Si le confinement a évité le pire, il a aussi fortement ralenti l’activité du cabinet : « au début du confinement la baisse d’activité a été brutale, on en a profité pour réorganiser nos locaux, tracer des lignes au sol, aménager nos horaires de consultation, mais très vite on s’est retrouvé face à une chute du nombre de consultation vertigineuse. J’ai fait les comptes on a 50% de patients en moins (…) Au début, les gens ont été tétanisés c’est normal, mais aujourd’hui qu’ils ne viennent plus on s’inquiète.
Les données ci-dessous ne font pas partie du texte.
//! What joins writing and reading, for values of every kind. Each law is the contract of a function that does nothing.

ghost use Rattle.yp_xdr.specs.inside.Laws.{OneSpelling, NoSpellingBeginsAnother, WrittenIsReadAgain, ReadIsSpelled};
ghost use Rattle.yp_xdr.specs.inside.Laws.{RefusedIsNotSpelled, ListIsReadInTurn, WrittenIsJoined, WritersJoin};
ghost use Rattle.yp_xdr.specs.inside.Laws.{SetsJoin};

/// A value has one spelling.
pub fn one_spelling()
    ensures { OneSpelling }
{}

/// No spelling begins another one, so a value ends where its spelling does.
pub fn no_spelling_begins_another()
    ensures { NoSpellingBeginsAnother }
{}

/// The spelling of a value is read again as that value, whatever is behind it.
pub fn written_is_read_again()
    ensures { WrittenIsReadAgain }
{}

/// What is read is spelled by the bytes that the reader passed.
pub fn read_is_spelled()
    ensures { ReadIsSpelled }
{}

/// Where reading is refused, the bytes begin with no spelling of the kind.
pub fn refused_is_not_spelled()
    ensures { RefusedIsNotSpelled }
{}

/// A list is read element by element, each behind TRUE, up to FALSE.
pub fn list_is_read_in_turn()
    ensures { ListIsReadInTurn }
{}

/// Bytes that are written behind others stand there as if both were written at once.
pub fn written_is_joined()
    ensures { WrittenIsJoined }
{}

/// Two writers in turn are one writer, where there is room for both.
pub fn writers_join()
    ensures { WritersJoin }
{}

/// What two writers that need the room set, one behind the other, is the joined bytes.
pub fn sets_join()
    ensures { SetsJoin }
{}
On connaît l’histoire des familles, les couples dysfonctionnels, les problèmes d’addictions, les angoissés, les anxieux qu’on en voit plus. Dans quel état allons nous les retrouver ? »

Les vertus de la télé consultation

Dans l’intervalle, Cécile Caubel comme beaucoup de ses collègues s’est mise à la télé consultation. « Au départ j’étais très réservée, je ne pensais pas pouvoir faire de bons examens à distance. Aujourd’hui j’y vois beaucoup d’avantages. D’abord on garde un lien, et je suis heureuse quand je vois mes patients plus roses, moins essoufflés (…) et puis c’est vrai qu’on a moins l’habitude de se déplacer au domicile des gens, et là je rentre à nouveau dans leur intimité, je peux aussi me rendre compte du contexte. Parfois j’ai des bonnes surprises certains se mettent en scène, m’accueillent dans un décor choisi, au milieu de plantes vertes, et avec une belle lumière. »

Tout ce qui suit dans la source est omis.